Frohlich: It’s like accessing your body’s inner-pharmacy. There’s a saying that “Chi is energy on the verge of becoming matter, and matter is on the verge of becoming energy.”

What are the most common reasons people seek acupuncture?

Owen: Pain is a really common one. But once you get here, you start to see all the other things acupuncture can do and it’s common to treat for whatever else is going on. So then it expands out into pretty much any area.

Frohlich: It goes everywhere from digestive issues all the way to people going through radiation, chemotherapy. People come in with nausea, they’re dizzy, and acupuncture is very effective at relieving that.

I understand that at this clinic you only use points below the knee and below the elbow. Why?

Owen: As you get toward the extremities, there are nerve endings and blood supply. There’s lots more activity going on. We tend to take advantage of these points that are below the knees and below the elbows.

What is the purpose of having a group receive acupuncture together?

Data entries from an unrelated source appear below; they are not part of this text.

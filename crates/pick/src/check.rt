// The check of a pick.
ghost use Rattle.std.specs.Prelude.{true, not, List, ◌≡◌, ℕ, ◌*◌, ◌≤◌, leb, length};
ghost use Rattle.hash_order.specs.Order.{every};
ghost use Rattle.pick.specs.Internal.PickMarks.{RowMarks, row_may_go, MarksChecked};
ghost use Rattle.pick.specs.PickCalls.{check_answer};
ghost use Rattle.pick.specs.Picking.{first_broken, size_sum, empty_allowed, pick_checked};
ghost use Rattle.rules.specs.Hash.{hashes_at};
ghost use Rattle.rules.specs.Sizes.{sizes};
ghost use Rattle.table.specs.Table.{held};
ghost use Rattle.table.specs.TableBytes.{rows_at, GoodRows};
ghost use Rattle.table_graph.specs.Internal.Marks.{Blank};
ghost use Rattle.table_index.specs.Index.{Indexed};

use crate::goes::{goes_now, goes_with};
use rules::passed::{passed_hashes, passed_up_to};
use rules::refusal::Refusal;
use rules::sizes::{HASH_SIZE, HASHES_TO_SEND, ROWS};
use table_check::check::check_indexed;
use table_graph::marks::mark_list;
use table_index::look::look_up;

// Whether a row that a hash of the pick was found at breaks no rule; an unknown hash has none. `from` is the first row that it may be.
fn row_fits(
    table: &[u8],
    n: usize,
    row: usize,
    from: usize,
    listed: &[bool],
    picks: &[bool],
) -> bool
    requires { GoodRows table.now n × (n ≤ length listed.now) × (n ≤ length picks.now) }
    ensures { result ≡ row_may_go table.now n listed.now picks.now from row }
{
    if n <= row {
        return false;
    }
    if !listed[row] {
        return false;
    }
    if row < from {
        return false;
    }
    goes_with(table, row, listed, picks)
}

// The place of the first hash of a pick that breaks a rule, or how many hashes it has. Rows must ascend, so none can come twice.
fn first_broken(
    table: &[u8],
    index: &[u8],
    n: usize,
    pick: &[u8],
    count: usize,
    listed: &[bool],
    picks: &[bool],
) -> usize
    requires { Indexed table.now index.now n × (sizes.hash * count ≤ length pick.now) × (n ≤ length listed.now) × (n ≤ length picks.now)
        × RowMarks table.now n (hashes_at pick.now 0 count) picks.now }
    ensures { (list : List ℕ) → RowMarks table.now n list listed.now
        → result ≡ first_broken (rows_at table.now 0 n) list (hashes_at pick.now 0 count) 0 0 (hashes_at pick.now 0 count) }
{
    let mut from = 0;
    for k in 0..count {
        let row = look_up(table, index, n, pick, HASH_SIZE * k);
        if !row_fits(table, n, row, from, listed, picks) {
            return k;
        }
        from = row + 1;
    }
    count
}

// Whether the sizes of a pick's rows sum to no more than the budget. They are taken off what is left of it, as their sum may be past every number.
fn sum_fits(
    table: &[u8],
    index: &[u8],
    n: usize,
    row_sizes: &[u64],
    budget: u64,
    pick: &[u8],
    count: usize,
) -> bool
    requires { Indexed table.now index.now n × (n ≤ length row_sizes.now) × (sizes.hash * count ≤ length pick.now)
        × (every (held (rows_at table.now 0 n)) (hashes_at pick.now 0 count) ≡ true) }
    ensures { result ≡ leb (size_sum (rows_at table.now 0 n) row_sizes.now (hashes_at pick.now 0 count)) budget }
{
    let mut left = budget;
    for k in 0..count {
        let row = look_up(table, index, n, pick, HASH_SIZE * k);
        if left < row_sizes[row] {
            return false;
        }
        left -= row_sizes[row];
    }
    true
}

// Whether some row would go by itself, where none is picked.
fn some_goes(
    table: &[u8],
    n: usize,
    row_sizes: &[u64],
    budget: u64,
    listed: &[bool],
    none: &[bool],
) -> bool
    requires { GoodRows table.now n × (n ≤ length row_sizes.now) × (n ≤ length listed.now) × (n ≤ length none.now) × Blank n none.now }
    ensures { (list : List ℕ) → RowMarks table.now n list listed.now
        → result ≡ not (empty_allowed (rows_at table.now 0 n) list row_sizes.now budget) }
{
    for i in 0..n {
        if goes_now(table, i, row_sizes[i], budget, listed, none) {
            return true;
        }
    }
    false
}

// The check of the first hashes of a pick over the marks of the rows that are listed; it leaves the marks of those that are picked. Where a rule is
// broken, its place is told: that of the first hash which breaks one, else how many hashes the pick has.
pub fn check_marked(
    table: &[u8],
    index: &[u8],
    n: usize,
    row_sizes: &[u64],
    budget: u64,
    pick: &[u8],
    count: usize,
    listed: &[bool],
    picks: &mut [bool],
) -> Result<(), usize>
    requires { Indexed table.now index.now n × (sizes.hash * count ≤ length pick.now) × (count ≤ sizes.hashes)
        × (n ≤ length listed.now) × (n ≤ length picks.old) × Blank n picks.old }
    ensures { MarksChecked table.now n row_sizes.now budget (hashes_at pick.now 0 count)
        listed.now picks.new result }
{
    mark_list(table, index, n, pick, 0, count, picks);
    let place = first_broken(table, index, n, pick, count, listed, picks);
    if place < count {
        return Err(place);
    }
    if row_sizes.len() != n {
        return Err(count);
    }
    if !sum_fits(table, index, n, row_sizes, budget, pick, count) {
        return Err(count);
    }
    if 0 < count {
        return Ok(());
    }
    if some_goes(table, n, row_sizes, budget, listed, picks) {
        return Err(0);
    }
    Ok(())
}

// The check of a pick beside a list, where the table and both lists have been checked, with a broken rule's place.
fn check_listed(
    table: &[u8],
    index: &[u8],
    n: usize,
    list: &[u8],
    many: usize,
    row_sizes: &[u64],
    budget: u64,
    pick: &[u8],
    count: usize,
) -> Result<(), usize>
    requires { Indexed table.now index.now n × (sizes.hash * many ≤ length list.now) × (sizes.hash * count ≤ length pick.now)
        × (count ≤ sizes.hashes) }
    ensures { result ≡ pick_checked (rows_at table.now 0 n) (hashes_at list.now 0 many) row_sizes.now budget
        (hashes_at pick.now 0 count) }
{
    let mut listed = [false; ROWS];
    mark_list(table, index, n, list, 0, many, &mut listed);
    let mut picks = [false; ROWS];
    check_marked(
        table, index, n, row_sizes, budget, pick, count, &listed, &mut picks,
    )
}

// Whether a pick of a list may go, each lent as the bytes of its hashes; where it breaks a rule, 17 with its place.
pub fn check_pick(
    table: &[u8],
    index: &[u8],
    list: &[u8],
    row_sizes: &[u64],
    budget: u64,
    pick: &[u8],
) -> Result<(), Refusal>
    ensures { result ≡ check_answer table.now index.now list.now row_sizes.now budget pick.now }
{
    let n = check_indexed(table, index)?;
    let many = passed_up_to(HASHES_TO_SEND, list)?;
    let count = passed_hashes(pick)?;
    check_listed(table, index, n, list, many, row_sizes, budget, pick, count).map_err(
        Refusal::BadPick,
    )
}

Frohlich: When you’re sitting in a room with other people getting acupuncture, it can put you at ease. You’re like, “Oh, well they are getting [it] and they seem to really be enjoying it.” Sometimes that decreases the anxiety of being in a separate room getting needled if you don’t know what to expect. But when you’re in a room with people healing at the same time it creates a healing environment in the room. It’s almost like it’s in the air. We call it the “group chi effect,” and that can actually heighten the acupuncture experience and create a more positive healing environment for you and for everyone in the room.

Why did you choose to serve the Northeast community?

Owen: Northeast has a really nice community feel to it. There’s a lot of networking that goes on in the community and we support each other. We want to support artists. And we wanted to have art in the space as well as a way to extend the community support and commitment to what goes on in the neighborhood. So we’re an art gallery, too.

How much does treatment cost?

Frohlich: It’s on a sliding fee scale, so it’s just pay what you can afford — $15 to $40 is the scale that we operate on. The first treatment is an additional $10 based on doing longer time for intake. After that, you put your money in an envelope and you pay whatever you want. No questions asked. And you come in and sit down and get your treatment and that’s it. So we leave it up to the patient — [based on] the pain [they are experiencing], the scheduling, it’s all up to them.